Background

The conjugated polymer polyaniline is a promising material for sensors, since its conductivity is highly sensitive to chemical vapors. Nanofibers of polyaniline are found to have superior performance relative to materials without nanoscale morphology due to their much greater exposed surface area. A template-free chemical synthesis produces uniform polyaniline nanofibers with diameters below 100 nm, see Figure 1. The process of polymerization can be readily scaled to make kilogram quantities.

Figure 1. Polyaniline nanofiber synthesis.   A. Interfacial polymerization occurs through an interfacial region (oil/water) yielding anisotropic polymer nanoparticles; this procedure is carried out a ambient conditions. The intrinsic morphology of the polymer is nanofibrillar due to homogeneously nucleated growth, the nanofibers form within seconds and can be purified by centrifugation.   B. Transmission electron micrograph of polyaniline nanofibers (J. Huang and R.B. Kaner, Angew. Chem. Inter. Ed. 2004, 43, 5817).

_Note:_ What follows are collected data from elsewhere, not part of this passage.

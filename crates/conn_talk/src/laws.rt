//! What holds of requests, however their bytes come.

ghost use Rattle.std.specs.Prelude.{◌≡◌, ◌≤◌, ℕ, true, false, List, ◌∷◌, ◌++◌};
ghost use Rattle.std.specs.List.{concat};
ghost use Rattle.conn_talk.specs.declared.act.Act.{Act as TheAct};
ghost use Rattle.rule_table.specs.declared.fault.FaultKind.{FaultKind as TheKind};
ghost use Rattle.http_edge.specs.declared.head.Head.{Head as TheHead};
ghost use Rattle.conn_talk.specs.Asked.{Asked, nothing, refused, complete, IsAsked, stay_of, goes_on, with_more, last_request};
ghost use Rattle.conn_talk.specs.Acts.{acts_of, joined};
ghost use Rattle.conn_talk.specs.Pieces.{AreRead};
ghost use Rattle.conn_talk.specs.Talk.{Talk, TakesPiece};

/// The bytes of a request ask for one thing.
pub fn one_asked()
    ensures { (before : ℕ) (bytes : List ℕ) (a b : Asked) → IsAsked before bytes a
        → IsAsked before bytes b → a ≡ b }
{}

/// The cut of a request into pieces changes no act: with the bytes of a body joined, the acts are
/// those that all its bytes bring at once.
pub fn cut_into_pieces()
    ensures asked { (before : ℕ) (got piece : List ℕ) (pieces : List (List ℕ)) (acts : List TheAct)
        (last : Asked) → AreRead before got nothing (piece ∷ pieces) acts last
        → IsAsked before (got ++ concat (piece ∷ pieces)) last }
    ensures acts { (before : ℕ) (got piece : List ℕ) (pieces : List (List ℕ)) (acts : List TheAct)
        (last : Asked) → AreRead before got nothing (piece ∷ pieces) acts last
        → joined acts ≡ acts_of last }
    ensures same { (before : ℕ) (got piece other : List ℕ) (pieces others : List (List ℕ))
        (acts more : List TheAct) (last end : Asked)
        → AreRead before got nothing (piece ∷ pieces) acts last
        → AreRead before got nothing (other ∷ others) more end
        → concat (piece ∷ pieces) ≡ concat (other ∷ others)
        → (last ≡ end) × (joined acts ≡ joined more) }
{}

/// What came stays what it is, whatever comes after it: a whole request with its body, before the
/// bytes that come, and a refused form.
pub fn asked_as_it_comes()
    ensures complete { (before : ℕ) (bytes more : List ℕ) (head : TheHead) (body rest : List ℕ)
        → IsAsked before bytes (complete head body rest)
        → IsAsked before (bytes ++ more) (complete head body (rest ++ more)) }
    ensures refused { (before : ℕ) (bytes more : List ℕ) (kind : TheKind)
        → IsAsked before bytes (refused kind) → IsAsked before (bytes ++ more) (refused kind) }
{}

/// A connection ends with the last request that it may have, and with one after which more bytes
/// came than may be held: no byte that comes later changes that.
pub fn ends_of_connections()
    ensures last { (before : ℕ) (bytes : List ℕ) (a : Asked) → last_request ≤ before
        → IsAsked before bytes a → stay_of a ≡ false }
    ensures held { (a : Asked) (more : List ℕ) → goes_on (with_more a more) ≡ true
        → goes_on a ≡ true }
{}

/// A talk and the bytes of a piece determine the acts, and the talk after it.
pub fn one_turn<B>()
    ensures { (a : Talk B) (bytes : List ℕ) (acts more : List TheAct) (b c : Talk B)
        → TakesPiece a bytes acts b → TakesPiece a bytes more c → (acts ≡ more) × (b ≡ c) }
{}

Polyaniline is a conducting polymer that has been widely studied for electronic and optical applications because it possesses a simple and reversible acid/base doping/dedoping chemistry (Figure 2) enabling control over properties such as free volume, solubility, electrical conductivity, and optical activity. ¹ Doping protonates the molecular chains that make up nanofibers and vapors of acids can serve to this purpose. A multimeter can be used to measure the sheet resistance of a film of nanofibers in the presence of vapors of acids or bases demonstrating the reversible doping process. Figure 2 also shows the conversion of the insulating emeraldine base form of polyaniline to the conducting emeraldine salt form upon exposure to HCl. This process occurs instantaneously with films in solution and within minutes in the gas phase and is fully reversible upon exposure of the films to a strong base. Acid doping and base dedoping can be cycled as many times as desired. The change in resistance from the dedoped to the doped form is large and easily measured—dedoped polyaniline is an excellent sensor for acids and doped polyaniline an excellent sensor for bases with orders of magnitude changes in resistance upon exposure to these analytes. Polyaniline can also be used to selectively distinguish between strong and weak acids. Weaker acids will not dope polyaniline as well or as quickly as strong acids, resulting in a change in response time from seconds or minutes extending to hours or days, accompanied by much smaller response levels.²

Figure 2. Reversible doping mechanism in polyaniline.   Repeat unit of the emeraldine oxidation state of polyaniline in the undoped, base form (top), and the fully doped, acid form (bottom). HX represents any protonic acid. (J. Huang and R.B. Kaner Macromolecules. 2005, (38)2, 317).

Figure 3. Schematic Diagram of a Chemiresistor. Acid vapors lower the electrical resistance while base vapors increase it. The active sensing layer is polyaniline nanofibers deposited over brown (unbleached) paper and the electrodes are made of copper.